# The Manderson for Big Homey



## RollWithEm (Jul 16, 2002)

Trade 

What does everyone think? I know we needed a point guard for the short term. We also needed to get rid of Campbell who wouldn't have gotten us anything if we let him walk at the end of the year. Not bad.


----------



## HORNETSFAN (Jun 11, 2002)

We needed a good PG in a bad way. Campbell seems to have camped it in. He is unmotivated and out of shape. Not a bad trade IMO. It certainly is better than the rumored Campbell for Steve Smith deal.


----------



## MikeDC (Jul 16, 2002)

I agree. Nothing but upside for the Big Easy


----------



## BEEZ (Jun 12, 2002)

How's Kenny Anderson been looking anyway???


----------



## NYC Orange (Mar 13, 2003)

from what i seen he he's looked ok. i mean NO needed someone badly and filled the hole excellently. Magloire has been far better than Campbell and will continue to improve however Campbell is aging and his career is on the decline. both NO and Sea needed players for these spots so it really worked out well


----------



## nyksju (Feb 11, 2003)

that looks good
*YOU CAN SPAM SOMEWHERE ELSE--BEEZ*


----------



## BEEZ (Jun 12, 2002)

> Originally posted by <b>nyksju</b>!
> that looks good
> *YOU CAN SPAM SOMEWHERE ELSE--BEEZ*


How has Kenny been since B. Diddy came back


----------



## HORNETSFAN (Jun 11, 2002)

Kenny is getting some PT with BD pack.
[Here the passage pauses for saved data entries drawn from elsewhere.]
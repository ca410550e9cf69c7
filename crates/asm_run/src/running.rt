//! One run, from the words of the command line to the answer.

ghost use Rattle.std.specs.Prelude.{◌≡◌, ◌≤◌, ◌⊎◌, map, None, Some, string_bytes};
ghost use Rattle.asm_base.specs.Counts.{HasRisen, IsQuiet};
ghost use Rattle.run_words.specs.Words.{command_of};
ghost use Rattle.source_ends.specs.Synthesis.{Synthesis};
ghost use Rattle.source_runs.specs.Outcome.{CommandHolds, CommandIsMade};
ghost use Rattle.source_runs.specs.Answers.{Answers, CountsMissingOutcome, ReadsAll, ReadsToEnd, StartsFront};
ghost use Rattle.asm_run.specs.Outcome.{main_of_command, outcome};
ghost use Rattle.asm_run.specs.Completes.{Completes};
ghost use Rattle.asm_run.specs.Readable.{CommandIsReadable};
ghost use Rattle.asm_run.specs.ReadsBack.{CommandReadsBack};
ghost use Rattle.asm_run.specs.Recovers.{CommandRecovers};

use asm_base::{Channel, Console, Failed, Inputs, Output, Status};
use asm_front::written_reads_back;
use load_text::loads_are_bytes;
use recovery_laws::objects_recover;
use run_words::read_command;
use source_ends::synthesis_is_one;
use source_runs::{nothing_starts_no_file, refused_memory_leaves_all, run_source, say_all};
use std::alloc::{AllocError, Global};

/// What is said where the words are no command.
const USAGE: &[u8] =
    b"usage: as [-o FILE] [--64] [--scfi=experimental] [-W|--no-warn] [--fatal-warnings] [--self-load N] [FILE]\n";

/// Reads the words, assembles the source that they name, says the messages, and makes the object.
#[tactic(auto, unfolding(run_words::specs::Words::usage_text), using(crate::proofs::OneOutcome::command_is_one, crate::proofs::ReadsBackAgain::command_reads_back, crate::proofs::RecoversAgain::command_recovers, crate::proofs::Commands::completes, crate::proofs::Commands::usage_said, crate::proofs::Commands::usage_cut))]
pub fn run<I: Inputs, O: Output, C: Console>(
    alloc: Global,
    words: &Vec<String>,
    ins: &mut I,
    obj: &mut O,
    con: &mut C,
) -> Status
    // What the words stand for hangs on what synthesis comes to, where it is asked for. That is one thing: so is what they stand for.
    ensures one { (one other : Synthesis)
        → CommandIsMade (command_of (map string_bytes words.now.items)) (I.contents ins.old) one
        → CommandIsMade (command_of (map string_bytes words.now.items)) (I.contents ins.old) other
        → outcome (map string_bytes words.now.items) one (I.contents ins.old)
        ≡ outcome (map string_bytes words.now.items) other (I.contents ins.old) }
    ensures answer { CommandHolds (command_of (map string_bytes words.now.items))
        (I.contents ins.old) result (λ made outcome.
        Answers (command_of (map string_bytes words.now.items)) outcome result (record {
          said = C.said con.old;
          said_after = C.said con.new;
          made = O.made obj.old;
          made_after = O.made obj.new;
        })) }

    // The cause of each answer: which counts of failures have risen, and which are as before.
    ensures read_fault { result ≡ Status.ReadFault
        → HasRisen (I.faults ins.old) (I.faults ins.new) }
    ensures write_fault { result ≡ Status.WriteFault
        → HasRisen (O.faults obj.old) (O.faults obj.new)
        ⊎ HasRisen (C.faults con.old) (C.faults con.new) }
    ensures input_quiet { (result ≡ Status.ReadFault) ⊎ (I.faults ins.new ≡ I.faults ins.old) }
    ensures missing_quiet { (result ≡ Status.ReadFault) ⊎ (I.missing ins.new ≡ I.missing ins.old) }
    ensures output_quiet { (result ≡ Status.WriteFault) ⊎ (O.faults obj.new ≡ O.faults obj.old) }
    ensures console_quiet { (result ≡ Status.WriteFault) ⊎ (C.faults con.new ≡ C.faults con.old) }
    ensures input_count { I.faults ins.old ≤ I.faults ins.new }
    ensures output_count { O.faults obj.old ≤ O.faults obj.new }
    ensures console_count { C.faults con.old ≤ C.faults con.new }

    // Where memory is refused nothing was said, and nothing was made.
    ensures no_memory { result ≡ Status.NoMemory
        → (C.said con.new ≡ C.said con.old) × (O.made obj.new ≡ O.made obj.old) }

    // Where no call fails, the status is that of the outcome; told or not, that of the words where the console is quiet.
    ensures complete { IsQuiet (I.faults ins.old) (I.faults ins.new)
        → IsQuiet (O.faults obj.old) (O.faults obj.new) → IsQuiet (C.faults con.old) (C.faults con.new)
        → CommandHolds (command_of (map string_bytes words.now.items)) (I.contents ins.old) result
        (λ made outcome. Completes outcome result) }
    ensures usage { result ≡ Status.Usage → command_of (map string_bytes words.now.items) ≡ None }
    ensures usage_told { IsQuiet (C.faults con.old) (C.faults con.new)
        → command_of (map string_bytes words.now.items) ≡ None
        → (result ≡ Status.Usage) ⊎ (result ≡ Status.NoMemory) }

    // In the object that the words stand for, each instruction's place reads as the instruction that was handed out, and as no other,
    // and the frame table as the rows that directives mean, or as those that were worked out of functions.
    ensures reads_back { CommandReadsBack (command_of (map string_bytes words.now.items))
        (I.contents ins.old) }

    // The frame tables that are worked out are true, if files are bytes: the row that a function's entry in `.eh_frame` gives recovers the
    // caller along each execution in which calls keep the registers, the return address and the slots, and stores whose place is not followed
    // leave these alone. The bytes executed are those of the object but for relocated fields, which may hold anything; at exits the seven
    // registers are as at entry. Code in a section without bytes in the file (of zeros) is left out.
    ensures recovers { CommandRecovers (command_of (map string_bytes words.now.items))
        (I.contents ins.old) }

    // All numbers of the object that was made fit their fields, and a reader finds its sections by their headers, where those places are.
    ensures readable { result ≡ Status.Done
        → CommandHolds (command_of (map string_bytes words.now.items)) (I.contents ins.old) result
        (λ made outcome. CommandIsReadable (command_of (map string_bytes words.now.items)) made
        (I.contents ins.old)) }

    // What is read.
    ensures missing { (made : Synthesis) → CountsMissingOutcome
        (outcome (map string_bytes words.now.items) made (I.contents ins.old))
        (I.missing ins.old) (I.missing ins.new) }
    ensures taken { I.taken ins.old ≤ I.taken ins.new }
    ensures contents { I.contents ins.new ≡ I.contents ins.old }
    ensures whole { result ≡ Status.Done
        → ReadsToEnd (main_of_command (command_of (map string_bytes words.now.items)))
        (I.rest ins.old) (I.rest ins.new) }
    ensures starts { (made : Synthesis)
        → StartsFront (outcome (map string_bytes words.now.items) made (I.contents ins.old))
        (main_of_command (command_of (map string_bytes words.now.items)))
        (I.history ins.old) (I.history ins.new) (I.taken ins.old) (I.taken ins.new) }
    ensures reads { result ≡ Status.Done
        → CommandHolds (command_of (map string_bytes words.now.items)) (I.contents ins.old) result
        (λ made outcome. ReadsAll outcome
        (main_of_command (command_of (map string_bytes words.now.items)))
        (I.history ins.old) (I.history ins.new) (I.taken ins.old) (I.taken ins.new)) }
    ensures usage_reads_nothing { command_of (map string_bytes words.now.items) ≡ None
        → ins.new ≡ ins.old }
{
    written_reads_back();
    objects_recover();
    loads_are_bytes();
    synthesis_is_one();
    refused_memory_leaves_all();
    nothing_starts_no_file();
    match read_command(alloc, words.as_slice()) {
        Ok(Some(invocation)) => run_source(alloc, invocation, ins, obj, con),
        Ok(None) => match say_all(con, Channel::Err, USAGE) {
            Ok(()) => Status::Usage,
            Err(Failed) => Status::WriteFault,
        },
        Err(AllocError) => Status::NoMemory,
    }
}
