//! From the words of a command line to the answer of a run.
#![tactic(auto)]

mod running;

pub use running::run;
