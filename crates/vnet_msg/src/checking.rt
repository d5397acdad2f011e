// Whether a descriptor may be that of a frame.

ghost use Rattle.std.specs.Prelude.{◌≡◌};
ghost use Rattle.vnet_msg.specs.Frames.{holds_frame};

use crate::desc::NetDesc;
use crate::layout::{LEAST_FRAME, MOST_COOKIES, MOST_FRAME};

/// Whether the descriptor's size is that of a frame, 14 to 1,514 bytes, and it has 1 to 3 cookies.
pub fn holds_frame(desc: &NetDesc) -> bool
    ensures { result ≡ holds_frame desc.now }
{
    LEAST_FRAME <= desc.size
        && desc.size <= MOST_FRAME
        && 1 <= desc.count
        && desc.count <= MOST_COOKIES
}
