//! The descriptors that carry frames through a ring of slots of 64 bytes, between a network guest and its switch.
//!
//! Both ends of a port stand on it. A descriptor is read exactly as its bytes spell it and written by its one canonical
//! spelling. What a slot and its buffer hold of a frame is fixed here, and `holds_frame` tells whether a descriptor may
//! be that of a frame.
#![tactic(auto)]

mod checking;
mod decoding;
mod desc;
mod encoding;
mod laws;
mod layout;

pub use checking::holds_frame;
pub use decoding::decode;
pub use desc::NetDesc;
pub use encoding::encode;
pub use laws::{descriptors_read_back, frames_have_descriptors};
pub use layout::{
    LEAST_FRAME, MOST_FRAME, SLOT, frames_have_the_numbers_of_the_standard, layouts_are_sound,
};
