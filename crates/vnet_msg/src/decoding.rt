// From bytes to a descriptor.

ghost use Rattle.std.specs.Prelude.{◌≡◌};
ghost use Rattle.vnet_msg.specs.Descriptor.{net_desc_of, net_desc_with};

use crate::desc::NetDesc;
use crate::layout::{ACK, HEAD, NCOOKIES, NET_DESC, SIZE, STATE};
use map_table::{Cookie, get_cookies};
use vio_bytes::{get_field, get_u8, get_u32};

/// The descriptor that the bytes of a slot spell: all 64 bytes spell one, and nothing is refused. All three cookies
/// are given as they stand.
pub fn decode(bytes: &[u8; 64]) -> NetDesc
    ensures { result ≡ net_desc_of bytes.now }
{
    let mut cookies = [Cookie::NONE; 3];
    get_cookies(bytes, HEAD, &mut cookies);
    desc_with(bytes, cookies)
}

// The fields of the head, with these cookies.
fn desc_with(bytes: &[u8; 64], cookies: [Cookie; 3]) -> NetDesc
    ensures { result ≡ net_desc_with bytes.now cookies }
{
    NetDesc {
        state: get_field!(get_u8, NET_DESC, bytes, STATE),
        ack: get_field!(get_u8, NET_DESC, bytes, ACK),
        size: get_field!(get_u32, NET_DESC, bytes, SIZE),
        count: get_field!(get_u32, NET_DESC, bytes, NCOOKIES),
        cookies,
    }
}
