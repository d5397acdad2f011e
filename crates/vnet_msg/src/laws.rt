// What follows from the definitions.

ghost use Rattle.std.specs.Prelude.{◌≡◌, ◌↔◌, ◌<◌, ℕ, List, length, true};
ghost use Rattle.vnet_msg.specs.Descriptor.{HasWidths, canonical, net_desc_of};
ghost use Rattle.vnet_msg.specs.Frames.{IsFrame, frame_buffer, frame_desc, frame_in, holds_frame, moved_size};
ghost use Rattle.vnet_msg.specs.declared.desc.NetDesc.{NetDesc};

/// The canonical bytes of a descriptor read back as it: so decoding what was encoded gives the descriptor back, and
/// descriptors with the same canonical bytes are the same.
pub fn descriptors_read_back()
    ensures reads_back { (desc : NetDesc) → HasWidths desc → net_desc_of (canonical desc) ≡ desc }
    ensures same_bytes { (one other : NetDesc) → HasWidths one → HasWidths other → (one ≡ other) ↔ (canonical one ≡ canonical other) }
{}

/// The descriptor of a frame is one, in any slot of a ring of at most 64. Its buffer has the bytes that the
/// descriptor's one cookie names, and the frame is read from them.
pub fn frames_have_descriptors()
    ensures is_one { (frame : List ℕ) → IsFrame frame → (slot : ℕ) → holds_frame (frame_desc slot (length frame)) ≡ true }
    ensures widths { (frame : List ℕ) → IsFrame frame → (slot : ℕ) → slot < 64 → HasWidths (frame_desc slot (length frame)) }
    ensures buffer { (frame : List ℕ) → IsFrame frame → length (frame_buffer frame) ≡ moved_size (length frame) }
    ensures read { (frame : List ℕ) → IsFrame frame → frame_in (length frame) (frame_buffer frame) ≡ frame }
{}
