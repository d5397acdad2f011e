// What a descriptor says.

use map_table::Cookie;

/// A net descriptor, as a slot of 64 bytes of the ring holds it (`struct vio_net_desc` of Linux's vio.h).
#[derive(Clone, Copy, Debug, PartialEq, Eq)]
pub struct NetDesc {
    /// FREE 1, READY 2, ACCEPTED 3 or DONE 4.
    pub state: u8,
    /// 1 where an acknowledgement is asked for.
    pub ack: u8,
    /// The length of the frame in bytes.
    pub size: u32,
    /// How many of the cookies name the buffer.
    pub count: u32,
    /// The buffer, piece by piece. Those past `count` stand as they are.
    pub cookies: [Cookie; 3],
}
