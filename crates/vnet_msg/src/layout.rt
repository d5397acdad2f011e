// The layout of a net descriptor.

ghost use Rattle.std.specs.Prelude.{◌≡◌, ◌∷◌, []};
ghost use Rattle.vio_bytes.specs.Layout.{IsLayout};

use vio_bytes::Table;

/// The head of a net descriptor, after which its cookies stand: `struct vio_net_desc` of Linux's vio.h, which begins
/// with `struct vio_dring_hdr`.
pub(crate) const NET_DESC: Table<4> = Table {
    fields: [
        (0, 1), // hdr.state
        (1, 1), // hdr.ack
        (8, 4), // size
        (12, 4), // ncookies
    ],
    length: HEAD,
};

/// The bytes of the head.
pub(crate) const HEAD: usize = 16;

pub(crate) const STATE: usize = 0;

pub(crate) const ACK: usize = 1;

/// In bytes.
pub(crate) const SIZE: usize = 2;

pub(crate) const NCOOKIES: usize = 3;

/// The most cookies of one descriptor.
pub(crate) const MOST_COOKIES: u32 = 3;

/// The bytes of a slot of a port's ring: a descriptor's head and the most cookies that it has.
pub const SLOT: usize = 64;

/// The fewest bytes of a frame: two addresses and the type.
pub const LEAST_FRAME: u32 = 14;

/// The most bytes of a frame.
pub const MOST_FRAME: u32 = 1514;

/// A slot and the lengths of a frame have the numbers of the standard.
pub fn frames_have_the_numbers_of_the_standard()
    ensures slot { SLOT ≡ 64 }
    ensures least { LEAST_FRAME ≡ 14 }
    ensures most { MOST_FRAME ≡ 1514 }
{}

/// The table has the struct's places, widths and length, so its fields don't overlap and lie within it.
pub fn layouts_are_sound()
    ensures { IsLayout NET_DESC.fields NET_DESC.length (0 ∷ 1 ∷ 8 ∷ 12 ∷ []) (1 ∷ 1 ∷ 4 ∷ 4 ∷ []) 16 }
{}
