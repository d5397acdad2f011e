// From a descriptor to bytes.

ghost use Rattle.std.specs.Prelude.{◌≡◌};
ghost use Rattle.vnet_msg.specs.Descriptor.{HeadHasWidths, canonical, head_bytes, net_desc_of};

use crate::desc::NetDesc;
use crate::layout::{ACK, HEAD, NCOOKIES, NET_DESC, SIZE, STATE};
use map_table::put_cookies;
use vio_bytes::{put_field, put_u8, put_u32};

/// Writes the canonical spelling of the descriptor: zeros stand in the bytes that no field names.
pub fn encode(desc: &NetDesc, out: &mut [u8; 64])
    ensures written { out.new ≡ canonical desc.now }
    ensures reads_back { net_desc_of out.new ≡ desc.now }
{
    let head = head_of(*desc);
    out[..HEAD].copy_from_slice(&head);
    put_cookies(out, HEAD, &desc.cookies);
}

// By value, so that each field is known to be of its width.
fn head_of(desc: NetDesc) -> [u8; 16]
    ensures written { result ≡ head_bytes desc }
    ensures widths { HeadHasWidths desc }
{
    let mut head = [0; HEAD];
    put_field!(put_u8, NET_DESC, &mut head, STATE, desc.state);
    put_field!(put_u8, NET_DESC, &mut head, ACK, desc.ack);
    put_field!(put_u32, NET_DESC, &mut head, SIZE, desc.size);
    put_field!(put_u32, NET_DESC, &mut head, NCOOKIES, desc.count);
    head
}
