#![tactic(auto)]

// What holds of the answers of two entries on dates, and of their C functions. There is no code here.
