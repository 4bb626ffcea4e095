//! Statements with statements in them. Go specification, "Statements".

use crate::clauses::{
    clause_behind, comm_behind, finish_clause, finish_comm_clause, see_clause, see_type_clause,
};
use crate::literals::{
    bodies_of_comm, bodies_of_expr, bodies_of_list, bodies_of_option, bodies_of_simple,
    bodies_of_spec, bodies_of_specs, bodies_of_type_specs,
};
use clause_rules::{
    Cases, Matched, Tag, begin_labels, bind_clause, end_labels, enter_decl, fall, finish_arm,
    finish_choice, finish_comm, finish_for, finish_range, finish_switch, finish_type_clause,
    finish_type_switch, see_comm_of, see_condition, see_loop_condition, see_matched, see_range,
    see_tag,
};
use flow_rules::{loop_ends, select_ends, switch_ends};
use go_ast::Token;
use go_base::{NoMemory, Pos};
use go_places::stmt_start;
use go_syntax::{
    Block, CaseClause, CommClause, Decl, Expr, ForStmt, IfArm, Label, ListedExpr, RangeStmt, Stmt,
    StmtLine, SwitchStmt, TypeSwitchStmt, ValueSpec,
};
use go_tree::{SelectClause, TypeClause, TypedArm, TypedClause, TypedStmt};
use stmt_rules::{First, Gathered, Spot, Steps, WalkedArm, WalkedBlock, Walker, is_panic, kept};
use typed_parts::{beside, sound};

/// The statements of a list; `falls` says whether its last may be `fallthrough`.
#[cycle(bodies)]
pub fn walk_statements(
    walker: &mut Walker<'_>,
    lines: &[StmtLine],
    falls: bool,
) -> Result<Steps, NoMemory> {
    let mut steps = Steps::new(walker.alloc);
    let done = walk_lines(walker, lines, falls, &mut steps);
    kept(steps, done)
}

/// The statements of a list, each behind those before it.
#[cycle(bodies)]
fn walk_lines(
    walker: &mut Walker<'_>,
    lines: &[StmtLine],
    falls: bool,
    steps: &mut Steps,
) -> Result<(), NoMemory> {
    let last = last_filled(lines);
    for (index, line) in lines.iter().enumerate() {
        if let Some(stmt) = &line.stmt {
            let spot = Spot {
                label: None,
                falls: falls && Some(index) == last,
            };
            walk_statement(walker, stmt, spot, steps)?;
        }
    }
    Ok(())
}

/// A statement that may be left out.
#[cycle(bodies)]
fn walk_optional(
    walker: &mut Walker<'_>,
    stmt: &Option<Box<Stmt>>,
    spot: Spot,
    steps: &mut Steps,
) -> Result<(), NoMemory> {
    match stmt {
        Some(stmt) => walk_statement(walker, stmt, spot, steps),
        None => Ok(()),
    }
}

/// A statement. What it declares is in scope behind it.
#[cycle(bodies)]
pub fn walk_statement(
    walker: &mut Walker<'_>,
    stmt: &Stmt,
    spot: Spot,
    steps: &mut Steps,
) -> Result<(), NoMemory> {
    match stmt {
        Stmt::Decl(decl) => walk_declaration(walker, decl, steps),
        Stmt::Labeled { labels, stmt } => walk_labeled(walker, labels, stmt, spot.falls, steps),
        Stmt::Define { .. } => walk_define(walker, stmt, steps),
        Stmt::Fallthrough(word) => fall(walker, *word, spot.falls, steps),
        Stmt::Block(block) => walk_inner_block(walker, block, steps),
        Stmt::If { .. } => walk_choice(walker, stmt, steps),
        Stmt::Switch(switch) => walk_switch(walker, switch, spot, steps),
        Stmt::TypeSwitch(switch) => walk_type_switch(walker, switch, spot, steps),
        Stmt::Select {
            word,
            clauses,
            close,
            ..
        } => walk_select(walker, *word, clauses, *close, spot, steps),
        Stmt::While { .. } => walk_while(walker, stmt, spot, steps),
        Stmt::For(stmt) => walk_for(walker, stmt, spot, steps),
        Stmt::Range(stmt) => walk_range(walker, stmt, spot, steps),
        _ => walk_plain(walker, stmt, steps),
    }
}

/// A statement without statements in it that declares nothing.
#[cycle(bodies)]
fn walk_plain(walker: &mut Walker<'_>, stmt: &Stmt, steps: &mut Steps) -> Result<(), NoMemory> {
    let typed = walker.simple(stmt)?;
    let typed = kept(typed, bodies_of_simple(walker, stmt))?;
    let ends = is_panic(&typed) || matches!(stmt, Stmt::Return { .. });
    steps.push(typed, ends)
}

/// A short variable declaration.
#[cycle(bodies)]
fn walk_define(walker: &mut Walker<'_>, stmt: &Stmt, steps: &mut Steps) -> Result<(), NoMemory> {
    let Stmt::Define {
        targets,
        values,
        ..
    } = stmt
    else {
        return Ok(());
    };
    let at = walker.list_at(targets);
    let seen = walker.see_define(at, targets, values)?;
    let seen = kept(seen, bodies_of_list(walker, values))?;
    let typed = walker.finish_define(seen)?;
    steps.push(typed, false)
}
However, Kenny has stated that he thinks he can still be a starter in the league, so I would not expect him to re-sign next season. From what I have seen, I do not think he is still a full time starter.


----------



## RollWithEm (Jul 16, 2002)

Kenny has been a calming influence for this team over the last few games. I like his energy and his veteran presence, but the only reason his has been playing big minutes is the absence of David Wesley. When he gets back, Anderson's minutes will decline dramatically. He will still be important to the playoff run, though.


----------